Background/Purpose: Long-term apremilast (APR) efficacy and safety were evaluated for up to 5 yrs in adults with active PsA in the phase III PALACE 1-3 studies.

Methods: Subjects were randomized (1:1:1) at baseline (BL) to placebo (PBO), APR 30 mg BID (APR30), or APR 20 mg BID (APR20). PBO subjects were re-randomized (1:1) to APR30 or APR20 at Wk 16 (early escape) or Wk 24. Double-blind APR treatment continued to Wk 52; subjects could continue APR during an open-label, long-term treatment phase for up to an additional 4 yrs. Efficacy and safety were assessed and reported as observed.

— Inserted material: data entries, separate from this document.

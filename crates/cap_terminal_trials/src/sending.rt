// Rows on what the terminal sends.
use crate::fault::Fault;
use crate::row::number;
use cap_base::DataSet;
use cap_batch_msgs::BatchBody;
use cap_entries::TermEntry;
use cap_journal::Journal;
use cap_mgmt_msgs::MgmtBody;
use cap_msgs::{Body, Message};
use cap_sale_msgs::SaleBody;
use cap_terminal::Terminal;
use std::alloc::Global;
use std::string::String;

// 2023-11-14T22:13:25Z.
const MOMENT: u64 = 1_700_000_005;

// The sort of a message on one sale, and its sum in hundredths.
fn sale_body(body: &SaleBody) -> (&'static str, u64) {
    match body {
        SaleBody::AuthRequest { amount, .. } => ("question", amount.hundredths()),
        SaleBody::Completion(_) => ("completion", 0),
        SaleBody::CancelRequest { amount } => ("cancel question", amount.hundredths()),
        SaleBody::CancelAdvice { amount, .. } => ("cancel advice", amount.hundredths()),
        _ => ("other", 0),
    }
}

// The sort of a message on more than one, and its number: of items, of the last item acknowledged, of a period.
fn batch_body(body: &BatchBody) -> (&'static str, u64) {
    match body {
        BatchBody::Batch(items) => ("batch", items.as_slice().len() as u64),
        BatchBody::Diagnostic { last } => ("diagnostic", *last),
        BatchBody::Reconcile { period, .. } => ("closing", *period),
        _ => ("other", 0),
    }
}

fn sort_of(body: &Body) -> (&'static str, u64) {
    match body {
        Body::Sale(body) => sale_body(body),
        Body::Batch(body) => batch_body(body),
        Body::Management(_) => ("management", 0),
    }
}

// A message in short: its exchange, how often it was sent before, and what it is about.
fn short(alloc: Global, message: &Message) -> Result<String, Fault> {
    let (sort, count) = sort_of(&message.body);
    let exchange = message.header.exchange;
    let repeat = message.header.repeat;
    Ok(format!(in alloc; "{exchange} {repeat:?} {sort} {count}")?)
}

fn short_or_none(alloc: Global, message: &Option<Message>) -> Result<String, Fault> {
    match message {
        Some(message) => short(alloc, message),
        None => Ok(String::from_str(alloc, "none")?),
    }
}

/// `head 2`: the first item that is not acknowledged, sent so often before.
pub(crate) fn head<J: Journal<TermEntry>>(
    alloc: Global,
    terminal: &Terminal<J>,
    words: [&str; 6],
) -> Result<String, Fault> {
    let repeat = words[0].parse::<u16>().unwrap_or(0).min(999);
    short_or_none(alloc, &terminal.head(MOMENT, repeat))
}

/// `batch 100`: a batch of at most so many items.
pub(crate) fn batch<J: Journal<TermEntry>>(
    alloc: Global,
    terminal: &Terminal<J>,
    words: [&str; 6],
) -> Result<String, Fault> {
    let limit = number(words[0]);
    if limit < 1 || limit > 100 {
        return Ok(String::from_str(alloc, "no limit")?);
    }
    let message = terminal.batch(limit as usize, MOMENT, 0)?;
    short_or_none(alloc, &message)
}

// The question on a pending sale.
fn asked<J: Journal<TermEntry>>(terminal: &Terminal<J>, n: u64) -> Option<Message> {
    let begun = terminal.take_pending(n)?;
    let message = terminal.ask(&begun, MOMENT);
    begun.set_aside();
    Some(message)
}

/// `ask 1`: the question on a pending sale.
pub(crate) fn ask<J: Journal<TermEntry>>(
    alloc: Global,
    terminal: &Terminal<J>,
    words: [&str; 6],
) -> Result<String, Fault> {
    short_or_none(alloc, &asked(terminal, number(words[0])))
}

/// `askcancel 1`: the question whether a sale may be cancelled.
pub(crate) fn ask_cancel<J: Journal<TermEntry>>(
    alloc: Global,
    terminal: &Terminal<J>,
    words: [&str; 6],
) -> Result<String, Fault> {
    match terminal.ask_cancel(number(words[0]), MOMENT) {
        Ok(message) => short(alloc, &message),
        Err(fault) => Ok(format!(in alloc; "{fault:?}")?),
    }
}

/// `diagnose`: the question how far the host is.
pub(crate) fn diagnose<J: Journal<TermEntry>>(
    alloc: Global,
    terminal: &Terminal<J>,
) -> Result<String, Fault> {
    short(alloc, &terminal.diagnose(MOMENT))
}

// The numbers of a status report.
fn versions(message: &Message) -> Option<(DataSet, u64, u64, u64)> {
    match &message.body {
        Body::Management(
            MgmtBody::Status {
                wanted,
                in_force,
                staged,
                parts,
            },
        ) => Some((*wanted, *in_force, *staged, *parts)),
        _ => None,
    }
}

/// `status AQPR`: the report that asks for parameters, or for the plan.
pub(crate) fn status<J: Journal<TermEntry>>(
    alloc: Global,
    terminal: &Terminal<J>,
    words: [&str; 6],
) -> Result<String, Fault> {
    let message = if words[0] == "AQPR" {
        terminal.status_report(DataSet::Aqpr, MOMENT)
    } else {
        terminal.status_report(DataSet::Mgtp, MOMENT)
    };
    let told = versions(&message);
    Ok(format!(in alloc; "{told:?}")?)
}
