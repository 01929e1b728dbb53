// What the plain call makes of a document, by the entries alone.
use crate::documents::document;
use crate::fault::Fault;
use crate::journals::entries_in;
use crate::opening::opened;
use crate::state::{At, Trial};
use cap_entries::{TermEntry, first_not_allowed};
use cap_msgs::{DecodeError, decode};
use cap_terminal_answers::{Taking, take_fault, take_message};
use std::alloc::Global;
use std::string::String;

// What the plain call makes of bytes. None where the entries are not allowed.
fn taken(alloc: Global, entries: &[TermEntry], bytes: &[u8]) -> Result<Option<Taking>, Fault> {
    if first_not_allowed(alloc, entries)?.is_some() {
        return Ok(None);
    }
    match decode(alloc, bytes) {
        Ok(message) => Ok(Some(take_message(alloc, entries, &message)?)),
        Err(DecodeError::Fault(fault)) => Ok(Some(take_fault(&fault))),
        Err(DecodeError::Memory) => Err(Fault::Memory),
    }
}

// A terminal's entries, beside the terminal.
fn entries_of(alloc: Global, terminal: Trial) -> Result<(Vec<TermEntry>, Trial), Fault> {
    let mut journal = terminal.into_journal();
    let entries = entries_in(alloc, &mut journal)?;
    match opened(alloc, journal) {
        Ok(terminal) => Ok((entries, terminal)),
        Err(_) => Err(Fault::Journal),
    }
}

// What the plain call answers and adds.
fn told(alloc: Global, entries: &[TermEntry], words: [&str; 6]) -> Result<String, Fault> {
    let text = document(alloc, words)?;
    match taken(alloc, entries, text.as_bytes())? {
        Some(taking) => Ok(format!(in alloc; "{:?} {:?}", taking.added, taking.answer)?),
        None => Ok(String::from_str(alloc, "not allowed")?),
    }
}

/// `plain ACQ1 caaa.004 ..`: what the plain call makes of a document, as its definition says, of the entries of the terminal, which stays as it is.
pub(crate) fn plain(alloc: Global, at: At, words: [&str; 6]) -> Result<(At, String), Fault> {
    match at {
        At::Open(terminal) => {
            let (entries, terminal) = entries_of(alloc, terminal)?;
            let text = told(alloc, &entries, words)?;
            Ok((At::Open(terminal), text))
        }
        other => Ok((other, String::from_str(alloc, "none")?)),
    }
}
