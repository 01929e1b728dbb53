//! A terminal tried out: each row of the input is a step, and is printed again with what it gives. A row that begins with `#` is a heading.
#![tactic(auto)]

mod acts;
mod disks;
mod documents;
mod fault;
mod journals;
mod long;
mod opening;
mod plain;
mod queries;
mod row;
mod sales;
mod sending;
mod state;
mod steps;
mod tokens;

use fault::Fault;
use state::At;

fn main(rt: HostRuntime) -> Result<(), Fault> {
    let mut at = At::Nothing;
    for line in rt.lines(rt.alloc()) {
        let line = line?;
        let (next, text) = steps::step(rt.alloc(), at, &line)?;
        at = next;
        println!(rt; "{line}{text}")?;
    }
    Ok(())
}
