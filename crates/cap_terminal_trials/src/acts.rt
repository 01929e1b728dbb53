// Rows that add entries by a call.
use crate::documents::document;
use crate::fault::Fault;
use crate::journals::card;
use crate::row::number;
use crate::sales::{offline, sale, void};
use cap_entries::TermEntry;
use cap_journal::Journal;
use cap_terminal::{BeginFault, Terminal};
use std::alloc::Global;
use std::string::String;

/// `sell 1250`: begins a sale of this many hundredths, and completes it where it is at most the floor.
pub(crate) fn sell<J: Journal<TermEntry>>(
    alloc: Global,
    terminal: &mut Terminal<J>,
    words: [&str; 6],
) -> Result<String, Fault> {
    let Some((amount, account)) = card(number(words[0])) else {
        return Ok(String::from_str(alloc, "no sum")?);
    };
    let outcome = sale(terminal, amount, account);
    Ok(format!(in alloc; "{outcome:?}")?)
}

// Begins a sale, and leaves it pending.
fn begun<J: Journal<TermEntry>>(
    terminal: &mut Terminal<J>,
    hundredths: u64,
) -> Option<Result<u64, BeginFault>> {
    let (amount, account) = card(hundredths)?;
    match terminal.begin(amount, account) {
        Ok(begun) => {
            let n = begun.n();
            begun.set_aside();
            Some(Ok(n))
        }
        Err(fault) => Some(Err(fault)),
    }
}

/// `begin 1250`: begins a sale, and leaves it pending.
pub(crate) fn begin<J: Journal<TermEntry>>(
    alloc: Global,
    terminal: &mut Terminal<J>,
    words: [&str; 6],
) -> Result<String, Fault> {
    match begun(terminal, number(words[0])) {
        Some(answer) => Ok(format!(in alloc; "{answer:?}")?),
        None => Ok(String::from_str(alloc, "no sum")?),
    }
}

/// `offline 1`: completes a pending sale where it is at most the floor.
pub(crate) fn complete<J: Journal<TermEntry>>(
    alloc: Global,
    terminal: &mut Terminal<J>,
    words: [&str; 6],
) -> Result<String, Fault> {
    let outcome = offline(terminal, number(words[0]));
    Ok(format!(in alloc; "{outcome:?}")?)
}

/// `void 1`: gives up a pending sale.
pub(crate) fn give_up<J: Journal<TermEntry>>(
    alloc: Global,
    terminal: &mut Terminal<J>,
    words: [&str; 6],
) -> Result<String, Fault> {
    let outcome = void(terminal, number(words[0]));
    Ok(format!(in alloc; "{outcome:?}")?)
}

/// `cancel 1`: cancels a completed sale.
pub(crate) fn cancel<J: Journal<TermEntry>>(
    alloc: Global,
    terminal: &mut Terminal<J>,
    words: [&str; 6],
) -> Result<String, Fault> {
    let answer = terminal.cancel(number(words[0]));
    Ok(format!(in alloc; "{answer:?}")?)
}

/// `close`: closes the period.
pub(crate) fn close<J: Journal<TermEntry>>(
    alloc: Global,
    terminal: &mut Terminal<J>,
) -> Result<String, Fault> {
    let answer = terminal.close_period();
    Ok(format!(in alloc; "{answer:?}")?)
}

// How many periods were closed in the order of their numbers, of so many that were to be.
fn closed<J: Journal<TermEntry>>(terminal: &mut Terminal<J>, count: u64) -> u64 {
    for p in 0..count {
        match terminal.close_period() {
            Ok((number, _)) => {
                if number != p.saturating_add(1) {
                    return p;
                }
            }
            Err(_) => return p,
        }
    }
    count
}

/// `closes 3`: closes so many periods of a new terminal.
pub(crate) fn closes<J: Journal<TermEntry>>(
    alloc: Global,
    terminal: &mut Terminal<J>,
    words: [&str; 6],
) -> Result<String, Fault> {
    let count = closed(terminal, number(words[0]));
    Ok(format!(in alloc; "{count}")?)
}

/// `told ACQ1 caaa.004 AccptrCmpltnAdvcRspn CMPK 1 <..>`: what the terminal makes of a document.
pub(crate) fn told<J: Journal<TermEntry>>(
    alloc: Global,
    terminal: &mut Terminal<J>,
    words: [&str; 6],
) -> Result<String, Fault> {
    let text = document(alloc, words)?;
    let answer = terminal.handle(text.as_bytes());
    Ok(format!(in alloc; "{answer:?}")?)
}

/// `byte 0`: what the terminal makes of this one byte.
pub(crate) fn byte<J: Journal<TermEntry>>(
    alloc: Global,
    terminal: &mut Terminal<J>,
    words: [&str; 6],
) -> Result<String, Fault> {
    let answer = terminal.handle(&[words[0].parse::<u8>().unwrap_or(0)]);
    Ok(format!(in alloc; "{answer:?}")?)
}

Results: A total of 1,493 subjects were randomized and received ≥1 dose of study medication (PBO: n=496; APR30: n=497; APR20: n=500). Of those randomized to APR30 at BL, 44.5% (221/497) completed 260 wks of treatment. Among APR30 subjects entering Wk 52, 63.2% (331/524) completed 260 wks, regardless of when APR was started (BL, Wk 16, or Wk 24). At Wk 52, ACR20/50/70 response rates were 55.3%/26.1%/11.9% for APR30 subjects. Sustained response rates were observed with continued APR30 treatment at Wk 260 (Table). Marked swollen joint count improvements were seen, with a mean percent reduction of 82.3% at Wk 260; tender joint count reduction was 72.7%. At Wk 260, 62.4% (136/218) of APR30 subjects with BL enthesitis achieved a Maastricht Ankylosing Spondylitis Enthesitis Score of 0; 80.9% (114/141) with BL dactylitis achieved a dactylitis count of 0. A HAQ-DI minimal clinically important difference of ≥0.35 was achieved by 52.6% of APR30 subjects at Wk 260; 60.4% achieved low disease activity or remission, defined as a Clinical Disease Activity in Psoriatic Arthritis score ≤13. Sustained improvements in psoriatic skin involvement were observed with continued treatment at Wk 260 in APR30 subjects with ≥3% BL body surface area involvement, with 65.8% (98/149) and 43.6% (65/149) of subjects, respectively, achieving ≥50%/≥75% reductions from BL Psoriasis Area and Severity Index score. APR 20 results were similar (Table). Consistent efficacy results were seen across the individual studies. During the 0- to ≤52-wk APR-exposure period, adverse events (AEs) occurring in ≥5% of APR30-exposed subjects were diarrhea, nausea, headache, upper respiratory tract infection, and nasopharyngitis. Most diarrhea and nausea AEs were reported within the first 2 wks of treatment and usually resolved within 4 wks; gastrointestinal AE frequency decreased with longer APR30 exposure, and frequency of other common AEs decreased/remained stable with prolonged exposure. Serious AE rate during Wks >208 to ≤260 was 5.8%, consistent with earlier periods.

Conclusion: APR demonstrated sustained, clinically meaningful improvements in PsA signs/symptoms, physical function, and associated psoriasis in the subjects continuing treatment over 5 yrs. APR continued to demonstrate a favorable safety profile and was generally well tolerated at 5 yrs.